You say that A bothers you because she's not doing her job correctly, or -- really, that she doesn't do it the way you prefer. Too ambitious. Let her boss take care of that. That's between her and her boss. Ambition is a quality that a lot of bosses like. In my experience, bosses tend not to like or appreciate when people get bogged down by petty, inconsequential, manufacturered drama--which exactly what you would be doing here, manufacturing drama. A is allowed to be ambitious and to express annoyance at a co-worker. B is allowed to talk to the boss herself if she feels the need to. You don't need to be involved in this in any way. Let the women handle it.

Also, people here are hammering on not calling them girls because that infantilizes these women. This entire question infantilizes them. The word "girls" probably feels natural and not like a deliberate jab, but its use unintentionally reveals some your biases and motives in this situation. It may hurt your feelings a little bit to be told not to call them girls, but having hurt feelings can be a very useful tool: it tells you something's wrong. Ask yourself: if these were two young men, would you call them boys? And would you have the same feelings about the situation? Why or why not? I'd really encourage you to dig deep and think about what is actually going on here for you. It could be very useful.
posted by sockermom at 4:57 AM on April 30, 2019 [13 favorites]
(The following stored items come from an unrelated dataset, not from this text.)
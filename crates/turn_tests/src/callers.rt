//! Callers that take turns on numbers.

ghost use Rattle.std.specs.Prelude.{[], ◌∷◌, ◌≡◌, ◌≤◌, IfOk, if◌then◌else◌, length, take};
ghost use Rattle.turn_lock.specs.Passes.{told_by};
ghost use Rattle.turn_tests.specs.Passes.{IsFirst, TakesTurns};

use crate::numbers::Numbers;
use std::alloc::{AllocError, Global};
use std::sync::Wait;
use turn_lock::{Pass, Turn};

/// Puts a log without numbers behind a turn, and gives the first pass.
pub fn open(alloc: Global, first: u32) -> Result<(Turn<Numbers>, Pass<Numbers>), AllocError>
    ensures turn { IfOk result (λ made. made.1.seat.table_id ≡ made.0.table.shared.table_id) }
    ensures first { IfOk result (λ made. IsFirst (told_by made.1.seat)) }
{
    match Turn::new(alloc, Numbers::new(alloc, first)) {
        Ok(made) => Ok(made),
        Err((_, refused)) => Err(refused),
    }
}

/// Adds a number in one turn. False if it was not added.
pub fn add_one<R: Wait>(
    rt: &R,
    turn: &Turn<Numbers>,
    pass: Pass<Numbers>,
    number: u32,
) -> (Pass<Numbers>, bool)
    requires turn { pass.seat.table_id ≡ turn.now.table.shared.table_id }
    ensures turn { result.0.seat.table_id ≡ pass.seat.table_id }
    ensures told { TakesTurns (if result.1 then number ∷ [] else []) 0
        (told_by pass.seat) (told_by result.0.seat) }
{
    let by = pass.number();
    let mut held = turn.enter(rt, pass);
    let added = held.value.add(by, number);
    (turn.leave(held), added)
}

/// Adds numbers, each in a turn of its own, up to the first that is not added. It answers how many
/// were.
pub fn add_all<R: Wait>(
    rt: &R,
    turn: &Turn<Numbers>,
    mut pass: Pass<Numbers>,
    numbers: &[u32],
) -> (Pass<Numbers>, usize)
    requires turn { pass.seat.table_id ≡ turn.now.table.shared.table_id }
    ensures turn { result.0.seat.table_id ≡ pass.seat.table_id }
    ensures within { result.1 ≤ length numbers.now }
    ensures told { TakesTurns (take result.1 numbers.now) 0
        (told_by pass.seat) (told_by result.0.seat) }
{
    let mut count = 0;
    for &number in numbers {
        let (after, added) = add_one(rt, turn, pass, number);
        pass = after;
        if !added {
            return (pass, count);
        }
        count += 1;
    }
    (pass, count)
}

/// Lets one turn fail. False if it did not.
pub fn fail_one<R: Wait>(
    rt: &R,
    turn: &Turn<Numbers>,
    pass: Pass<Numbers>,
    failure: (u32, u32),
) -> (Pass<Numbers>, bool)
    requires turn { pass.seat.table_id ≡ turn.now.table.shared.table_id }
    ensures turn { result.0.seat.table_id ≡ pass.seat.table_id }
    ensures told { TakesTurns [] (if result.1 then 1 else 0)
        (told_by pass.seat) (told_by result.0.seat) }
{
    let by = pass.number();
    let mut held = turn.enter(rt, pass);
    let failed = held.value.fail(by, failure);
    (turn.leave(held), failed)
}

/// Finishes the numbers in one turn, unless another pass has done so.
pub fn finish_one<R: Wait>(rt: &R, turn: &Turn<Numbers>, pass: Pass<Numbers>) -> Pass<Numbers>
    requires turn { pass.seat.table_id ≡ turn.now.table.shared.table_id }
    ensures turn { result.seat.table_id ≡ pass.seat.table_id }
    ensures told { TakesTurns [] 0 (told_by pass.seat) (told_by result.seat) }
{
    let by = pass.number();
    let mut held = turn.enter(rt, pass);
    held.value.finish(by);
    turn.leave(held)
}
Mod note: A couple deleted. The point about "women" vs "girls" has been made more than once now; please let it be and concentrate on the main question. Thanks.
posted by taz (staff) at 6:57 AM on April 30, 2019 [2 favorites]


Absolutely do not get involved.

This is between A and B. You need to C your way out of it.

Period. End of sentence.
posted by hydra77 at 9:27 AM on April 30, 2019 [2 favorites]


This is not your business. This is your/their boss’ problem to solve. Getting involved is unlikely to end well for you.

The reason I'm saying about going to the boss is that I thought that B might go speak to our boss and I might have to go and say what happened.

If that happens, it happens. You can tell them what you have observed. But don’t initiate it yourself.
posted by His thoughts were red thoughts at 3:34 PM on April 30, 2019


If there is context here of bullying you've observed, you should report it.. if the argument you saw lacks the context, no.